References and proofs for all the above statements can be found here (open access).

Remark Depending on the purpose of the computation, some of the above representations are more useful than others. The formulation in 3. is especially useful if you need $$n\gg 1$$. (Actually, this is seen already when $$n\geq 2$$.)

Remark Using the fact that the exponential generating function of the cycle index polynomials (this time non-renormalized) is an exponential (see here), it might be possible to show that no closed form exists for the Fourier transform of the Dirichlet distribution (i.e. $${}_k\Phi_2$$ is in general not resummable to a composition of elementary functions)

Why looking for the Laplace transform of a Dirichlet distribution, while even in dimension $$n=2$$ this is not elementary and are called the Kummer special functions? Laplace transforms are good for addition of independent random variables: and who cares for adding something concentrated on a tetraedron?
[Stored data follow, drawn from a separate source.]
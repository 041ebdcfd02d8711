ghost use Rattle.std.specs.Prelude.{◌≡◌};
ghost use Rattle.act1_outside.specs.declared.sink.SinkFault.TheVariants.{Memory};

use act1_base::Memory;
use std::alloc::{AllocError, AllocFailed};
use thiserror::Error;

/// Why a `put` didn't print all its bytes.
#[derive(Clone, Copy, Debug, Drop, PartialEq, Eq, Error)]
pub enum SinkFault {
    /// The bytes couldn't be printed. It comes only where the count of faults rose in this call.
    #[error("the text can't be printed")]
    Failed,
    /// The call found no memory.
    #[error("out of memory")]
    Memory,
}

impl From<Memory> for SinkFault {
    ghost from_gives = { λ _ e. e ≡ Memory };

    fn from(_: Memory) -> Self {
        SinkFault::Memory
    }
}

impl From<AllocError> for SinkFault {
    ghost from_gives = { λ _ e. e ≡ Memory };

    fn from(_: AllocError) -> Self {
        SinkFault::Memory
    }
}

impl<T: Drop> From<AllocFailed<T>> for SinkFault {
    ghost from_gives = { λ _ e. e ≡ Memory };

    fn from(_: AllocFailed<T>) -> Self {
        SinkFault::Memory
    }
}

/// A place to print.
///
/// It has a count of faults, which never falls, and one of puts that found no memory, which no other
/// put raises. An object may tell the bytes that were printed; if
/// it does, it goes on telling.
pub trait Sink {
    ghost use Rattle.act1_outside.specs.Outside.{Paper, Puts};

    /// What is seen of the print.
    ghost seen: { Self → Paper };

    /// Prints the bytes after those that were printed before. After `Failed` and `Memory` the first
    /// few of them were printed, perhaps none or all.
    fn put(&mut self, bytes: &[u8]) -> Result<(), SinkFault>
        ensures { Puts bytes.now (seen self.old) result (seen self.new) };
}
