ghost use Rattle.std.specs.Prelude.{◌≡◌, ◌≢◌, ◌∷◌, ◌++◌, ◌+◌, [], ℕ, List, None, Some, OnOk, OnErr, take};
ghost use Rattle.act1_outside.specs.Failures.{failures_of};
ghost use Rattle.act1_outside.specs.Faults.{OnlyAt, Rose};
ghost use Rattle.act1_outside.specs.MemoryFiles.{content_of};

use crate::calls::Calls;
use crate::failures::Failures;
use crate::files::{FileFault, Files};
use crate::tear::{Tear, front, left_by};
use act1_base::Memory;
use std::alloc::Global;
use std::collections::BTreeMap;

/// Files in memory. Its calls of `read` and `write` are counted together, from 1, and those that
/// `fail` and `tear` list fail.
#[derive(Drop)]
pub struct MemoryFiles {
    alloc: Global,
    files: BTreeMap<String, Vec<u8>>,
    calls: Calls,
    tears: Vec<Tear>,
    failed_reads: Failures,
    failed_writes: Failures,
    unwritten: u64,
}

// Puts the bytes in the place of the whole content of a name.
#[tactic(auto, using(std::proofs::lemmas::Map::Text::text_keys))]
fn store(
    alloc: Global,
    files: &mut BTreeMap<String, Vec<u8>>,
    name: &str,
    bytes: &[u8],
) -> Result<(), Memory>
    ensures ok { OnOk result (content_of files.new name.now ≡ Some bytes.now) }
    ensures others { (n : List ℕ) → n ≢ name.now → content_of files.new n ≡ content_of files.old n }
    ensures err { OnErr result ((n : List ℕ) → content_of files.new n ≡ content_of files.old n) }
{
    let key = String::from_str(alloc, name)?;
    let content = Vec::from_slice(alloc, bytes)?;
    files.insert(key, content)?;
    Ok(())
}

// Leaves the first so many bytes under the name, where a call leaves any.
fn leave(
    alloc: Global,
    files: &mut BTreeMap<String, Vec<u8>>,
    name: &str,
    bytes: &[u8],
    left: Option<u64>,
) -> Result<(), Memory>
    ensures none { left ≡ None → (n : List ℕ) → content_of files.new n ≡ content_of files.old n }
    ensures torn { (n : ℕ) → left ≡ Some n → OnOk result (content_of files.new name.now ≡ Some (take n bytes.now)) }
    ensures others { (n : List ℕ) → n ≢ name.now → content_of files.new n ≡ content_of files.old n }
{
    match left {
        Some(n) => store(alloc, files, name, front(bytes, n)),
        None => Ok(()),
    }
}

// A write that fails: it leaves the first so many bytes, where the call leaves any, and is noted.
fn fail_write(
    alloc: Global,
    files: &mut BTreeMap<String, Vec<u8>>,
    failed: &mut Failures,
    name: &str,
    bytes: &[u8],
    left: Option<u64>,
) -> Result<(), Memory>
    ensures none { left ≡ None → (n : List ℕ) → content_of files.new n ≡ content_of files.old n }
    ensures torn { (n : ℕ) → left ≡ Some n → OnOk result (content_of files.new name.now ≡ Some (take n bytes.now)) }
    ensures others { (n : List ℕ) → n ≢ name.now → content_of files.new n ≡ content_of files.old n }
    ensures one { OnOk result (failures_of failed.new name.now ≡ failures_of failed.old name.now + 1) }
    ensures rose { OnOk result (Rose (failures_of failed.old name.now) (failures_of failed.new name.now)) }
    ensures at { OnOk result (OnlyAt name.now (failures_of failed.old) (failures_of failed.new)) }
    ensures err { OnErr result (failed.new ≡ failed.old) }
{
    leave(alloc, files, name, bytes, left)?;
    failed.note(name)
}

impl MemoryFiles {
    ghost use Rattle.std.specs.Option.{option_map};
    ghost use Rattle.act1_outside.specs.Outside.{SameHeld, OthersHeld, SameFaults};
    ghost use Rattle.act1_outside.specs.Calls.{with_failing};
    ghost use Rattle.act1_outside.specs.MemoryFiles.{shelf_of, calls_of, tears_of};

    /// No files: no name is there, no call was made, none is to fail, and nothing is counted. It
    /// takes no memory.
    pub fn new(alloc: Global) -> MemoryFiles
        ensures held { (name : List ℕ) → (shelf_of result).held name ≡ None }
        ensures reads { (name : List ℕ) → (shelf_of result).read_faults name ≡ 0 }
        ensures writes { (name : List ℕ) → (shelf_of result).write_faults name ≡ 0 }
        ensures memory { (shelf_of result).unwritten ≡ 0 }
        ensures calls { calls_of result ≡ record { made = 0; failing = [] } }
        ensures tears { tears_of result ≡ [] }
    {
        MemoryFiles {
            alloc,
            files: BTreeMap::new(alloc),
            calls: Calls::new(alloc),
            tears: Vec::new(alloc),
            failed_reads: Failures::new(alloc),
            failed_writes: Failures::new(alloc),
            unwritten: 0,
        }
    }

    /// Puts the bytes in the place of the whole content of a name, which needn't be there before.
    /// It is no counted call. After `Memory` every name holds what it held.
    pub fn set(&mut self, name: &str, bytes: &[u8]) -> Result<(), Memory>
        ensures holds { OnOk result ((shelf_of self.new).held name.now ≡ Some bytes.now) }
        ensures others { OthersHeld name.now (shelf_of self.old) (shelf_of self.new) }
        ensures err { OnErr result (SameHeld (shelf_of self.old) (shelf_of self.new)) }
        ensures faults { SameFaults (shelf_of self.old) (shelf_of self.new) }
        ensures calls { calls_of self.new ≡ calls_of self.old }
        ensures tears { tears_of self.new ≡ tears_of self.old }
    {
        store(self.alloc, &mut self.files, name, bytes)?;
        Ok(())
    }

    /// Lists a call that is to fail, by its number. A listed read gives nothing, and a listed write
    /// leaves its name as it was. After `Memory` the list is as it was.
    pub fn fail(&mut self, call: u64) -> Result<(), Memory>
        ensures ok { OnOk result (calls_of self.new ≡ with_failing call (calls_of self.old)) }
        ensures err { OnErr result (calls_of self.new ≡ calls_of self.old) }
        ensures kept { shelf_of self.new ≡ shelf_of self.old }
        ensures tears { tears_of self.new ≡ tears_of self.old }
    {
        self.calls.fail(call)
    }

    /// Lists a call that is to fail, by its number, and if it is a write, to leave the first `left` bytes of its
    /// content, or all if there are fewer. Where a call is listed more than once, its last `tear` decides. After
    /// `Memory` the lists are as they were.
    pub fn tear(&mut self, call: u64, left: u64) -> Result<(), Memory>
        ensures ok { OnOk result (calls_of self.new ≡ with_failing call (calls_of self.old)) }
        ensures torn { OnOk result (tears_of self.new ≡ tears_of self.old ++ record { call = call; left = left } ∷ []) }
        ensures err { OnErr result (calls_of self.new ≡ calls_of self.old) }
        ensures untorn { OnErr result (tears_of self.new ≡ tears_of self.old) }
        ensures kept { shelf_of self.new ≡ shelf_of self.old }
    {
        self.tears.reserve(1)?;
        self.calls.fail(call)?;
        self.tears.push_reserved(Tear { call, left });
        Ok(())
    }

    /// The content of a name, or `None` exactly where the name isn't there. It is no counted call.
    pub fn held(&self, name: &str) -> Option<&[u8]>
        ensures { option_map (λ bytes. bytes.now) result ≡ (shelf_of self.now).held name.now }
    {
        match self.files.get(name) {
            Some(bytes) => Some(bytes.as_slice()),
            None => None,
        }
    }
}

impl Files for MemoryFiles {
    ghost use Rattle.std.specs.Prelude.{◌⊎◌, ◌+◌, IsTrue, IsErrOf, None};
    ghost use Rattle.act1_outside.specs.Outside.{Reads, Writes, SameHeld};
    ghost use Rattle.act1_outside.specs.Faults.{Fails, file_faults};
    ghost use Rattle.act1_outside.specs.Calls.{one_more, next_fails};
    ghost use Rattle.act1_outside.specs.MemoryFiles.{left_next, shelf_of, calls_of, tears_of};

    ghost seen = { shelf_of };

    /// The content of a name. It fails exactly where the call is listed or the name isn't there,
    /// but for want of memory.
    fn read(&mut self, alloc: Global, name: &str, most: u64) -> Result<Vec<u8>, FileFault>
        ensures reads { Reads name.now most (shelf_of self.old) result (shelf_of self.new) }
        ensures listed { IsTrue (next_fails (calls_of self.old)) → Fails result }
        ensures cause { IsErrOf result FileFault.Failed →
            IsTrue (next_fails (calls_of self.old)) ⊎ ((shelf_of self.old).held name.now ≡ None) }
        ensures faults { (shelf_of self.new).read_faults name.now ≡
            (shelf_of self.old).read_faults name.now + file_faults result }
        ensures calls { calls_of self.new ≡ one_more (calls_of self.old) }
        ensures tears { tears_of self.new ≡ tears_of self.old }
    {
        let listed = self.calls.count();
        match self.files.get(name) {
            Some(bytes) if !listed => {
                if bytes.len() as u64 > most {
                    return Err(FileFault::TooLong);
                }
                Ok(bytes.as_slice().to_vec(alloc)?)
            }
            _ => {
                self.failed_reads.note(name)?;
                Err(FileFault::Failed)
            }
        }
    }

    /// Writes a name. It fails exactly where the call is listed, but for want of memory. Then a call that is torn leaves
    /// the first bytes of its content, and at any other error every name holds what it held.
    fn write(&mut self, name: &str, bytes: &[u8]) -> Result<(), FileFault>
        ensures writes { Writes name.now bytes.now (shelf_of self.old) result (shelf_of self.new) }
        ensures listed { IsTrue (next_fails (calls_of self.old)) → Fails result }
        ensures cause { IsErrOf result FileFault.Failed → IsTrue (next_fails (calls_of self.old)) }
        ensures err { left_next self.old ≡ None → OnErr result (SameHeld (shelf_of self.old) (shelf_of self.new)) }
        ensures torn { (n : ℕ) → left_next self.old ≡ Some n → IsErrOf result FileFault.Failed →
            (shelf_of self.new).held name.now ≡ Some (take n bytes.now) }
        ensures faults { (shelf_of self.new).write_faults name.now ≡
            (shelf_of self.old).write_faults name.now + file_faults result }
        ensures calls { calls_of self.new ≡ one_more (calls_of self.old) }
        ensures tears { tears_of self.new ≡ tears_of self.old }
    {
        if self.calls.count() {
            let left = left_by(self.tears.as_slice(), self.calls.made);
            return match fail_write(
                self.alloc,
                &mut self.files,
                &mut self.failed_writes,
                name,
                bytes,
                left,
            ) {
                Ok(()) => Err(FileFault::Failed),
                Err(Memory) => {
                    self.unwritten = self.unwritten.saturating_add(1);
                    Err(FileFault::Memory)
                }
            };
        }
        match store(self.alloc, &mut self.files, name, bytes) {
            Ok(()) => Ok(()),
            Err(Memory) => {
                self.unwritten = self.unwritten.saturating_add(1);
                Err(FileFault::Memory)
            }
        }
    }
}
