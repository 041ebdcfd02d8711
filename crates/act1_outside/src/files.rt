ghost use Rattle.std.specs.Prelude.{◌≡◌};
ghost use Rattle.act1_outside.specs.declared.files.FileFault.TheVariants.{Memory};

use act1_base::Memory;
use std::alloc::{AllocError, AllocFailed, Global};
use thiserror::Error;

/// Why a call of `Files` didn't do what it was asked for.
#[derive(Clone, Copy, Debug, Drop, PartialEq, Eq, Error)]
pub enum FileFault {
    /// The file couldn't be read or written. It comes only where the count of such faults of that
    /// kind and name rose in this call.
    #[error("the file can't be read or written")]
    Failed,
    /// The file holds more bytes than were asked for. Only `read` answers it.
    #[error("the file is too long")]
    TooLong,
    /// The call found no memory.
    #[error("out of memory")]
    Memory,
}

impl From<Memory> for FileFault {
    ghost from_gives = { λ _ e. e ≡ Memory };

    fn from(_: Memory) -> Self {
        FileFault::Memory
    }
}

impl From<AllocError> for FileFault {
    ghost from_gives = { λ _ e. e ≡ Memory };

    fn from(_: AllocError) -> Self {
        FileFault::Memory
    }
}

impl<T: Drop> From<AllocFailed<T>> for FileFault {
    ghost from_gives = { λ _ e. e ≡ Memory };

    fn from(_: AllocFailed<T>) -> Self {
        FileFault::Memory
    }
}

/// Files by their names.
///
/// Each name has a count of failed reads and one of failed writes. They never fall, and a call
/// raises none but that of its own kind and name. A write that finds no memory is counted too, in one
/// count for all names, and no other call is. An object may tell what each name holds; if it
/// does, it goes on telling.
pub trait Files {
    ghost use Rattle.act1_outside.specs.Outside.{Shelf, Reads, Writes};

    /// What is seen of the files.
    ghost seen: { Self → Shelf };

    /// The whole content of a name, of at most `most` bytes. Whatever it answers, every name holds
    /// what it held. A name that isn't there is `Failed`, and one that holds more than `most` bytes
    /// is `TooLong`.
    fn read(&mut self, alloc: Global, name: &str, most: u64) -> Result<Vec<u8>, FileFault>
        ensures { Reads name.now most (seen self.old) result (seen self.new) };

    /// Puts the bytes in the place of the whole content of a name, which needn't be there before.
    /// After `Failed` and `Memory` the name may hold anything. Every other name holds what it held.
    /// It never answers `TooLong`.
    fn write(&mut self, name: &str, bytes: &[u8]) -> Result<(), FileFault>
        ensures { Writes name.now bytes.now (seen self.old) result (seen self.new) };
}
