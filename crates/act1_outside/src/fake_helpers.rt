ghost use Rattle.std.specs.Prelude.{◌≡◌, ◌≤◌, ◌<◌, ◌-◌, ◌^◌, ◌+◌, ◌∷◌, ◌++◌, [], length, slice_get, Some, IfOk, OnOk, OnErr};
ghost use Rattle.act1_outside.specs.declared.helpers.Entry.TheVariants as entry;

use crate::calls::Calls;
use crate::helpers::{Entry, HelperFault, Helpers};
use crate::tickets::Tickets;
use act1_base::{Items, Memory};
use std::alloc::Global;

/// An answer of a helper in memory.
#[derive(Debug, Drop)]
pub struct FakeAnswer {
    /// Its bytes, at most 268,435,456.
    pub bytes: Items<u8>,
    pub ghost short: { length bytes ≤ 268435456 },
}

/// Helpers in memory, which tell their story. The start that succeeds as the first has ticket 0 and the first of the
/// answers, the next one ticket 1 and the second answer, and so on. Their calls of `start` and `finish` are counted
/// together, from 1, and those that `fail` lists fail.
#[derive(Debug, Drop)]
pub struct FakeHelpers {
    alloc: Global,
    answers: Items<FakeAnswer>,
    story: Items<Entry>,
    tickets: Tickets,
    calls: Calls,
    faults: u64,
}

// Adds the entry of a start that failed.
fn add_refused(
    alloc: Global,
    story: &mut Items<Entry>,
    program: &str,
    job: &[u8],
) -> Result<(), Memory>
    ensures ok { OnOk result (story.new ≡ story.old ++ entry.Refused program.now job.now ∷ []) }
    ensures err { OnErr result (story.new ≡ story.old) }
{
    let program = Items::from_slice(alloc, program.as_bytes())?;
    let job = Items::from_slice(alloc, job)?;
    story.push(Entry::Refused { program, job })
}

// Adds the entry of a start that succeeded.
fn add_started(
    alloc: Global,
    story: &mut Items<Entry>,
    program: &str,
    job: &[u8],
    ticket: u64,
) -> Result<(), Memory>
    ensures ok { OnOk result (story.new ≡ story.old ++ entry.Started program.now job.now ticket ∷ []) }
    ensures err { OnErr result (story.new ≡ story.old) }
{
    let program = Items::from_slice(alloc, program.as_bytes())?;
    let job = Items::from_slice(alloc, job)?;
    story.push(Entry::Started {
        program,
        job,
        ticket,
    })
}

// Adds the entry of an answer, and gives it.
fn give_answer(
    alloc: Global,
    own: Global,
    story: &mut Items<Entry>,
    ticket: u64,
    answer: &[u8],
) -> Result<Vec<u8>, Memory>
    ensures given { IfOk result (λ bytes. bytes.items ≡ answer.now) }
    ensures ok { OnOk result (story.new ≡ story.old ++ entry.Answered ticket answer.now ∷ []) }
    ensures err { OnErr result (story.new ≡ story.old) }
{
    let given = answer.to_vec(alloc)?;
    let bytes = Items::from_slice(own, answer)?;
    story.push(Entry::Answered { ticket, bytes })?;
    Ok(given)
}

impl FakeHelpers {
    ghost use Rattle.act1_outside.specs.Calls.{with_failing};
    ghost use Rattle.act1_outside.specs.FakeHelpers.{answers_of, bench_of, calls_of};

    /// No answers, no call was made, none is to fail, no fault is counted, the next ticket is 0, and the story has no
    /// entry. It takes no memory.
    pub fn new(alloc: Global) -> FakeHelpers
        ensures bench { bench_of result ≡ record { open_tickets = []; next = 0; faults = 0; story = Some [] } }
        ensures answers { answers_of result ≡ [] }
        ensures calls { calls_of result ≡ record { made = 0; failing = [] } }
    {
        FakeHelpers {
            alloc,
            answers: Items::new(alloc),
            story: Items::new(alloc),
            tickets: Tickets::new(alloc),
            calls: Calls::new(alloc),
            faults: 0,
        }
    }

    /// Adds an answer, of at most 268,435,456 bytes. After `Memory` nothing has changed.
    pub fn answer(&mut self, bytes: &[u8]) -> Result<(), Memory>
        requires { length bytes.now ≤ 268435456 }
        ensures ok { OnOk result (answers_of self.new ≡ answers_of self.old ++ bytes.now ∷ []) }
        ensures err { OnErr result (answers_of self.new ≡ answers_of self.old) }
        ensures bench { bench_of self.new ≡ bench_of self.old }
        ensures calls { calls_of self.new ≡ calls_of self.old }
    {
        let bytes = Items::from_slice(self.alloc, bytes)?;
        self.answers.push(FakeAnswer { bytes })
    }

    /// Lists a call that is to fail, by its number. After `Memory` the list is as it was.
    pub fn fail(&mut self, call: u64) -> Result<(), Memory>
        ensures ok { OnOk result (calls_of self.new ≡ with_failing call (calls_of self.old)) }
        ensures err { OnErr result (calls_of self.new ≡ calls_of self.old) }
        ensures bench { bench_of self.new ≡ bench_of self.old }
        ensures answers { answers_of self.new ≡ answers_of self.old }
    {
        self.calls.fail(call)
    }

    /// The story so far.
    pub fn story(&self) -> &[Entry]
        ensures { (bench_of self.now).story ≡ Some result.now }
    {
        self.story.as_slice()
    }
}

impl Helpers for FakeHelpers {
    ghost use Rattle.std.specs.Prelude.{◌⊎◌, IsTrue, IsErrOf};
    ghost use Rattle.act1_outside.specs.Outside.{Starts, Finishes};
    ghost use Rattle.act1_outside.specs.Faults.{count_after};
    ghost use Rattle.act1_outside.specs.Calls.{one_more, next_fails};
    ghost use Rattle.act1_outside.specs.FakeHelpers.{Refuses, answers_of, bench_of, calls_of, is_failed, stay_above};

    ghost seen = { bench_of };

    /// Starts a helper. It fails exactly where the call is listed or the next ticket is the greatest `u64`, but for want
    /// of memory.
    fn start(&mut self, program: &str, job: &[u8]) -> Result<u64, HelperFault>
        ensures starts { Starts program.now job.now (bench_of self.old) result (bench_of self.new) }
        ensures next { OnOk result ((bench_of self.new).next ≡ (bench_of self.old).next + 1) }
        ensures listed { IsTrue (next_fails (calls_of self.old)) → Refuses result }
        ensures cause { IsErrOf result HelperFault.Failed →
            IsTrue (next_fails (calls_of self.old)) ⊎ (2 ^ 64 - 1 ≤ (bench_of self.old).next) }
        ensures faults { (bench_of self.new).faults ≡ count_after (is_failed result) (bench_of self.old).faults }
        ensures calls { calls_of self.new ≡ one_more (calls_of self.old) }
        ensures answers { answers_of self.new ≡ answers_of self.old }
    {
        let listed = self.calls.count();
        let ticket = self.tickets.next;
        if listed || ticket == u64::MAX {
            add_refused(self.alloc, &mut self.story, program, job)?;
            self.faults = self.faults.saturating_add(1);
            return Err(HelperFault::Failed);
        }
        self.tickets.make_room()?;
        add_started(self.alloc, &mut self.story, program, job, ticket)?;
        self.tickets.open_next();
        Ok(ticket)
    }

    /// Gives the answer of the ticket's number. It fails exactly where the call is listed or there is no such answer, but
    /// for want of memory.
    fn finish(&mut self, alloc: Global, ticket: u64) -> Result<Vec<u8>, HelperFault>
        ensures finishes { Finishes ticket (bench_of self.old) result (bench_of self.new) }
        ensures answer { IfOk result (λ bytes. slice_get (answers_of self.old) ticket ≡ Some bytes.items) }
        ensures listed { IsTrue (next_fails (calls_of self.old)) → Refuses result }
        ensures beyond { length (answers_of self.old) ≤ ticket → Refuses result }
        ensures cause { IsErrOf result HelperFault.Failed →
            IsTrue (next_fails (calls_of self.old)) ⊎ (length (answers_of self.old) ≤ ticket) }
        ensures faults { (bench_of self.new).faults ≡ count_after (is_failed result) (bench_of self.old).faults }
        ensures calls { calls_of self.new ≡ one_more (calls_of self.old) }
        ensures answers { answers_of self.new ≡ answers_of self.old }
    {
        let listed = self.calls.count();
        self.tickets.close(ticket);
        match self.answers.get(ticket as usize) {
            Some(answer) if !listed => {
                Ok(give_answer(
                    alloc,
                    self.alloc,
                    &mut self.story,
                    ticket,
                    answer.bytes.as_slice(),
                )?)
            }
            _ => {
                self.story.push(Entry::Lost { ticket })?;
                self.faults = self.faults.saturating_add(1);
                Err(HelperFault::Failed)
            }
        }
    }

    ghost next_above = { stay_above };
}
In the other hand, Dirichlet distributions have their moments quite easy to compute. Let me mention also the following integral, with the notations $$x_n=1-x_1-\cdots-x_{n-1}$$ and $$a=a_1+\cdots+a_n$$ $$\frac{\Gamma(a)}{\Gamma(a_1)\cdots \Gamma(a_n))}\int_{x_i>0, i=1,\ldots,n}\frac{x_1^{a_1-1}\cdots x_n^{a_n-1}}{(b_1x_1+\cdots+b_nx_n)^a}dx_1\ldots dx_{n-1}=\frac{1}{b_1^{a_1}\ldots b_n^{a_n}}.$$ Here we assume $$a_1,\ldots, a_n,b_1,\ldots,b_n>0$$

This post should have been in comments, rather than answers, but it was a bit too long. Hoping it will be useful anyway.

• The motivation for introducing the Fourier transform definition of the delta function was to decouple the $x_i$ integrals which would otherwise have rather complicated bounds imposed by the simplex. The delta function allows me to do the integral w.r.t. to $x_i$ from $0$ to $1$ directly and obtain the result I have in $(1)$. Commented Sep 9, 2023 at 15:41

The solution to the one-dimensional integral in is as follows:

\begin{align*} \int_0^1 x^a e^{-bx} e^{-2\pi i (1-x) k} dx &= \frac{\gamma(a + 1, b + 2\pi i k)}{b + 2\pi i k} \end{align*} where γ(a,x) is the incomplete gamma function.

This solution can be derived using a series expansion of the incomplete gamma function.

It is important to note that this solution is only valid if the incomplete gamma function is invertible.